Students and staff need to understand that timetables are provisional or are perhaps rolling; certainly not set in stone. All need to be patient and stockpile good humour to get through the first few weeks of inevitable upheaval.

Living with the wall: student engagement

Universities have been looking at ways to improve and influence student engagement in recent years. Most of this engagement has been designed with the physical space in mind; are students attending class, are they visiting the library? Now, we need to view engagement through an additional perspective (virtual) and for an additional purpose (contact tracing).

While in the past, universities monitored engagement to identify students at risk of not reaching their potential, now they have a duty to know who is where, who they have interacted with and how to contact them for contact tracing purposes. Imperial College London, for example, will use its own contact-tracing app to mitigate risk and catch outbreaks early.

The first thing universities need to know is how students intend to engage. Oxford Brookes will collect data from students indicating how they want to engage and will use this to place students in specific study groups (face-to-face or online). This can also be used to monitor how many students are self-isolating at any given point. Some universities are collecting time-zone information to assign international students to study-groups, reducing barriers to engagement.
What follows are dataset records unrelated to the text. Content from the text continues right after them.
//! Lines that ask for a table, `t,SECOND,K` and the numbers of K sources and of targets, whose nodes stay in the line.

ghost use Rattle.std.specs.Prelude.{◌≡◌, ◌≤◌, ◌<◌, ◌*◌, ◌^◌, None, Some, ℕ, bytes_eq, codes, drop, if◌then◌else◌, length, map, nat_le, nat_lt};
ghost use Rattle.cu_model.specs.Numbers.{as_number, number_value};
ghost use Rattle.cu_model.specs.Queries.{fields_of_line};
ghost use Rattle.cu_reach.specs.declared.lines.TheConstants.{MAX_TABLE};
ghost use Rattle.cu_reach.specs.NodeFields.{IsNodeWord, fields_in};
ghost use Rattle.cu_reach.specs.ReachLines.{checked_table, table_of};
ghost use Rattle.cu_reach.specs.Steps.Parts.{HasNodes, nodes_of};
ghost use Rattle.cu_reach.specs.Steps.TableFields.{HasScanned, HasTable, IsScanned};

use crate::lines::{MAX_TABLE, ManyRefusal, value_under};
use cu_model::{DAY, Number, cut_field, parse_number};
use std::marker::Model;

/// Nodes of a line, by their numbers as they are written there, which are read one by one and without memory. Contracts see the
/// list of those that are left.
#[derive(Drop)]
pub struct NodeFields<'a> {
    // The line from the next number on; none behind its last field.
    line: Option<&'a [u8]>,
    left: usize,
}

impl<'a> Model for NodeFields<'a> {
    ghost use Rattle.std.specs.Prelude.{ℕ, List};
    ghost use Rattle.cu_reach.specs.NodeFields.{AreNodes, nodes_in};

    ghost Value = { List ℕ };

    ghost view = { λ nodes. nodes_in nodes.line nodes.left };

    ghost invariant = { λ nodes. AreNodes nodes.line nodes.left };
}

impl Iterator for NodeFields<'_> {
    type Item = u32;

    ghost use Rattle.std.specs.Iterator.{YieldsFirst, item_count};

    ghost next_gives = { YieldsFirst (λ left. left) };

    ghost remaining = { item_count (λ left. left) };

    fn next(&mut self) -> Option<u32> {
        if self.left == 0 {
            return None;
        }
        let (field, rest) = cut_field(self.line?);
        self.line = rest;
        self.left -= 1;
        Some(node_of(field))
    }
}

// The node that a word names.
fn node_of(word: &[u8]) -> u32
    requires { IsNodeWord word.now }
    ensures { result ≡ number_value word.now }
{
    let Some(Number::Value(node)) = parse_number(word) else {
        unreachable!()
    };
    node as u32
}

// The fields from the next number of a line on, and how many of them are read.
#[derive(Clone, Copy)]
struct Part<'a> {
    line: Option<&'a [u8]>,
    count: usize,
}

// How many fields of nodes there are, and whether all nodes are below the number of nodes.
#[derive(Clone, Copy)]
struct Scan {
    count: usize,
    in_range: bool,
}

// The first fields of a line, and what stands behind the third.
#[derive(Clone, Copy)]
struct TableFields<'a> {
    word: &'a [u8],
    second: &'a [u8],
    count: &'a [u8],
    nodes: Option<&'a [u8]>,
}

/// A table asked: from each source to each target, leaving at a second of the day. Sources and targets stay in the line.
/// Contracts see the second and both lists.
#[derive(Drop)]
pub struct TableAsked<'a> {
    second: u32,
    sources: Part<'a>,
    targets: Part<'a>,
}

impl<'a> Model for TableAsked<'a> {
    ghost use Rattle.cu_reach.specs.NodeFields.{TableValue};
    ghost use Rattle.cu_reach.specs.Steps.Parts.{HasNodes, nodes_of};

    ghost Value = { TableValue };

    ghost view = { λ table. record {
      second = table.second;
      sources = nodes_of table.sources;
      targets = nodes_of table.targets;
    } };

    ghost invariant = { λ table. HasNodes table.sources × HasNodes table.targets };
}

impl TableAsked<'_> {
    /// The second of the day at which all leave.
    pub fn second(&self) -> u32
        ensures { result ≡ self.now.second }
    {
        self.second
    }

    /// The sources, in their order. Takes no memory.
    pub fn sources(&self) -> NodeFields<'_>
        ensures { result ≡ self.now.sources }
    {
        nodes_in(self.sources)
    }

    /// The targets, in their order. Takes no memory.
    pub fn targets(&self) -> NodeFields<'_>
        ensures { result ≡ self.now.targets }
    {
        nodes_in(self.targets)
    }
}

/// Checks a line that asks for a table, its line end cut off, against a network with so many nodes. The nodes behind the
/// second field are the sources, as many as that says, and then the targets. Takes no memory.
pub fn check_table(line: &[u8], nodes: u32) -> Result<TableAsked<'_>, ManyRefusal>
    ensures { result ≡ table_of nodes line.now }
{
    // A line has at most one field more than it has bytes.
    let _bytes = line.len();
    let Some(fields) = table_fields(line) else {
        return Err(ManyRefusal::Line);
    };
    if !asks_table(fields.word) {
        return Err(ManyRefusal::Line);
    }
    let Some(second) = parse_number(fields.second) else {
        return Err(ManyRefusal::Line);
    };
    let Some(count) = parse_number(fields.count) else {
        return Err(ManyRefusal::Line);
    };
    let Some(scan) = scan_nodes(fields.nodes, nodes) else {
        return Err(ManyRefusal::Line);
    };
    let Some(sources) = value_within(count, scan.count) else {
        return Err(ManyRefusal::Line);
    };
    table_asked(fields.nodes, scan, sources, second)
}

// A table whose first nodes are the sources, or the first check of its nodes, its second and its size that fails.
fn table_asked(
    line: Option<&[u8]>,
    scan: Scan,
    sources: usize,
    second: Number,
) -> Result<TableAsked<'_>, ManyRefusal>
    requires sources { sources ≤ scan.count }
    requires scanned { (n : ℕ) × (n ≤ 2 ^ 32) × IsScanned n (fields_in line) scan }
    ensures { (nodes s : ℕ) → IsScanned nodes (fields_in line.entry) scan → second ≡ as_number s
        → result ≡ checked_table nodes s sources (map number_value (fields_in line.entry)) }
{
    if !scan.in_range {
        return Err(ManyRefusal::Node);
    }
    let Some(second) = value_under(second, DAY) else {
        return Err(ManyRefusal::Second);
    };
    let targets = scan.count - sources;
    if is_large(sources, targets) {
        return Err(ManyRefusal::Limit);
    }
    Ok(TableAsked {
        second,
        sources: Part {
            line,
            count: sources,
        },
        targets: Part {
            line: behind(line, sources),
            count: targets,
        },
    })
}

// Whether so many sources and targets have too many entries.
fn is_large(sources: usize, targets: usize) -> bool
    ensures { result ≡ nat_lt MAX_TABLE (sources * targets) }
{
    match sources.checked_mul(targets) {
        Some(entries) => entries > MAX_TABLE as usize,
        None => true,
    }
}

// A number's value, where it isn't above a limit.
fn value_within(number: Number, limit: usize) -> Option<usize>
    ensures { (value : ℕ) → number ≡ as_number value
        → result ≡ (if nat_le value limit then Some value else None) }
{
    match number {
        Number::Value(value) if value <= limit as u64 => Some(value as usize),
        _ => None,
    }
}

// What fields of nodes are: none where one of them is no number word.
fn scan_nodes(line: Option<&[u8]>, nodes: u32) -> Option<Scan>
    requires few { length (fields_in line) < 2 ^ 64 }
    ensures { HasScanned nodes (fields_in line.entry) result }
{
    let mut rest = line;
    let mut count = 0;
    let mut in_range = true;
    'fields: while let Some(fields) = rest {
        let (field, more) = cut_field(fields);
        let number = parse_number(field)?;
        in_range = in_range && value_under(number, nodes).is_some();
        count += 1;
        rest = more;
    }
    Some(Scan { count, in_range })
}

// What stands behind so many fields.
fn behind(line: Option<&[u8]>, count: usize) -> Option<&[u8]>
    ensures { fields_in result ≡ drop count (fields_in line.entry) }
{
    let mut rest = line;
    let mut left = count;
    'fields: while left > 0 {
        let (_, more) = cut_field(rest?);
        rest = more;
        left -= 1;
    }
    rest
}

// Whether a line with this first word asks for a table.
fn asks_table(word: &[u8]) -> bool
    ensures { result ≡ bytes_eq word.now (codes "t") }
{
    word == b"t".as_slice()
}

// The fields of a line that has three or more.
fn table_fields(line: &[u8]) -> Option<TableFields<'_>>
    ensures { HasTable (fields_of_line line.now) result }
{
    let (word, rest) = cut_field(line);
    let (second, rest) = cut_field(rest?);
    let (count, nodes) = cut_field(rest?);
    Some(TableFields {
        word,
        second,
        count,
        nodes,
    })
}

// The nodes of a part of a line.
fn nodes_in(part: Part<'_>) -> NodeFields<'_>
    requires { HasNodes part }
    ensures { result ≡ nodes_of part.entry }
{
    NodeFields {
        line: part.line,
        left: part.count,
    }
}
Effectiveness: will students still achieve?

Any evaluation of the effectiveness of approach needs to be quick this year. Universities must be agile in terms of approaches to risk mitigation and the blend of delivery modes, and decision-makers must consider their respective and combined impact on student experience. Academics and professional services staff need to sit down with student representatives early in semester one to understand what has worked and what needs to improve. There’s no time for navel gazing, complex surveys and long reflections.

Staff need to turn feedback into concrete policy decisions by the end of October and make changes to plans for semester two in early November. Otherwise, our timetabling colleagues will struggle to produce schedules by the start of the second semester.

Timetablers can help by indicating which changes can be made in-semester without impacting timetables and which will have to wait for semester two. Academic networks will be important to spread the word, especially to those who only teach in the second half of the year.

Flexibility is everything

Timetables are built on known requirements, but our current situation demands flexibility. We’ll learn more over the next few weeks regarding home and international applicant intentions and the potential impacts of local lockdowns. We need to enable agility in timetabling by making principled decisions now, agreeing curricula and delivery modes, and moving forward with scheduling. And we need to keep evaluating our decisions through September and October, into the scheduling period for semester two, learning as we go. Let’s make sure our wall isn’t made out of concrete blocks; best go for Lego, foam or something equally agile as we build, destruct, pivot and build again.